Patients who forgo medications for both diabetes and chronic pain appear to be influenced primarily by economic pressures, whereas patients who cut back selectively on their diabetes treatments are influenced by their mood and medication beliefs. Our findings point toward more targeted strategies to assist diabetic patients who experience CRN.

Prescription drug spending in 2007 was >750 USD per capita in the U.S., of which patients must pay a growing share through medication copayments. Nine of 10 older adults use prescription medications, and those with Medicare Part D take five prescriptions per month on average. Even among low-income patients, most take their medications despite copayments; however, one-fifth or more of all patients may cut back because of cost concerns. Cost-related nonadherence to medications (CRN) has been associated with increased rates of serious adverse events, emergency department visits, hospitalizations, and poorer health.

Empirical studies have implicated financial, attitudinal, mood, and provider influences in CRN, although their relative effects are not well understood. Most of the variance in patients’ reports of CRN remains unexplained by financial measures. Although economic pressures drive these decisions, noncost factors appear to modify the effect of medication cost at a given level of ability to pay.

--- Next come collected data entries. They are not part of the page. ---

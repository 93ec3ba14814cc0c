//! Neighbor advertisements, as they are written.
ghost use Rattle.std.specs.Prelude.{◌≡◌, ◌≤◌, length};
ghost use Rattle.neigh_frames.specs.Solicitation.{HasRightChecksum};
ghost use Rattle.neigh_frames.specs.Advertisement.{advertisement, checksum_of, ndp_reply, reply_to};
ghost use Rattle.neigh_frames.specs.Advertisement.{to_all_nodes};

use crate::checksum::message_sum;
use crate::filling::Filling;
use crate::options::Sender;
use crate::solicitation::is_unspecified;

/// The EtherType, and the IPv6 header before its addresses: version 6, 32 bytes, next header
/// ICMPv6, hop limit 255.
const HEADER: [u8; 10] = [0x86, 0xdd, 0x60, 0, 0, 0, 0, 32, 58, 255];

const ALL_NODES: [u8; 16] = [0xff, 0x02, 0, 0, 0, 0, 0, 0, 0, 0, 0, 0, 0, 0, 0, 1];

const ALL_NODES_HARDWARE: [u8; 6] = [0x33, 0x33, 0, 0, 0, 1];

const SOLICITED: u8 = 0x40;

/// The answer to a solicitation whose options say this of their sender.
pub(crate) fn reply_to(mac: &[u8; 6], frame: &[u8], sender: &Sender) -> [u8; 86]
    requires { 78 ≤ length frame.now }
    ensures value { result ≡ reply_to mac.now frame.now sender.now }
    ensures checksum { HasRightChecksum result }
{
    let target = &frame[62..78];
    let source = &frame[22..38];
    if is_unspecified(source) {
        return to_all_nodes(mac, target, 0);
    }
    let hardware = match &sender.hardware {
        Some(hardware) => &hardware[..],
        None => &frame[6..12],
    };
    reply(mac, hardware, target, source, SOLICITED)
}

/// The advertisement of the target to all nodes.
pub(crate) fn to_all_nodes(mac: &[u8; 6], target: &[u8], flags: u8) -> [u8; 86]
    requires { length target.now ≡ 16 }
    ensures value { result ≡ to_all_nodes mac.now target.now flags }
    ensures checksum { HasRightChecksum result }
{
    reply(mac, &ALL_NODES_HARDWARE, target, &ALL_NODES, flags)
}

fn reply(mac: &[u8; 6], hardware: &[u8], target: &[u8], destination: &[u8], flags: u8) -> [u8; 86]
    requires hardware { length hardware.now ≡ 6 }
    requires target { length target.now ≡ 16 }
    requires destination { length destination.now ≡ 16 }
    ensures value { result ≡ ndp_reply mac.now hardware.now target.now destination.now flags }
    ensures checksum { HasRightChecksum result }
{
    let checksum = checksum(flags, target, destination, mac);
    let message = advertisement(flags, target, mac, checksum);
    let mut frame = Filling::new();
    frame.put(hardware);
    frame.put(mac);
    frame.put(&HEADER);
    frame.put(target);
    frame.put(destination);
    frame.put(&message);
    frame.whole()
}

fn checksum(flags: u8, target: &[u8], destination: &[u8], mac: &[u8; 6]) -> u16
    requires target { length target.now ≡ 16 }
    requires destination { length destination.now ≡ 16 }
    ensures { result ≡ checksum_of flags target.now destination.now mac.now }
{
    let mut addresses = Filling::<32>::new();
    addresses.put(target);
    addresses.put(destination);
    let addresses = addresses.whole();
    let message = advertisement(flags, target, mac, 0);
    0xffff - message_sum(&addresses, &message)
}

fn advertisement(flags: u8, target: &[u8], mac: &[u8; 6], checksum: u16) -> [u8; 32]
    requires { length target.now ≡ 16 }
    ensures { result ≡ advertisement flags target.now mac.now checksum }
{
    let mut message = Filling::new();
    message.put(&[136, 0]);
    message.put(&checksum.to_be_bytes());
    message.put(&[flags, 0, 0, 0]);
    message.put(target);
    message.put(&[2, 1]);
    message.put(mac);
    message.whole()
}
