//! Names of BGP communities.

use crate::copies::copied;
use kube_labels::{NamedValues, Text};
use mlb_base::{NoMemory, TryCopy};

/// A MetalLB Community: `spec.communities`, the names with their values.
pub struct CommunityList {
    pub name: Text,
    pub values: NamedValues,
}

impl Drop for CommunityList {
    fn drop(self) {
        let CommunityList { name: _, values: _ } = self;
    }
}

impl TryCopy for CommunityList {
    fn copy(&self) -> Result<CommunityList, NoMemory> {
        let (name, values) = copied(&self.name, &self.values)?;
        Ok(CommunityList { name, values })
    }
}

Most survey-based studies of CRN have used a single global question to ascertain adherence and, therefore, could not discern whether patients cut back uniformly across their medications or selectively. Studies using administrative data indicate that patients vary in their adherence across medications, but these studies could not explore fully the influences of factors such as patients’ mood and medication-related beliefs.

Building on our theoretical model of factors that influence patients’ elasticity of demand for prescription drugs, in the present study we explored further how cost and noncost factors influence patients’ adherence to prescription medications for two chronic conditions: type 2 diabetes and chronic pain. We hypothesized that although some patients would cut back on medications for both conditions, others would cut back selectively, and sought to understand the factors associated with these behaviors.

These analyses are important for clinical care because most efforts to address CRN have targeted patients’ ability to pay exclusively, for example, through government assistance (e.g., Medicare Part D), pharmaceutical industry programs, and prescribing of less expensive therapeutic alternatives. Physicians are now called upon to incorporate discussions of medication cost pressures into their routine patient interactions. Because insufficient time may be the greatest barrier to such provider-initiated discussions, it is essential that we distinguish patients for whom ability to pay, as opposed to other factors, constitutes the dominant challenge to adherence.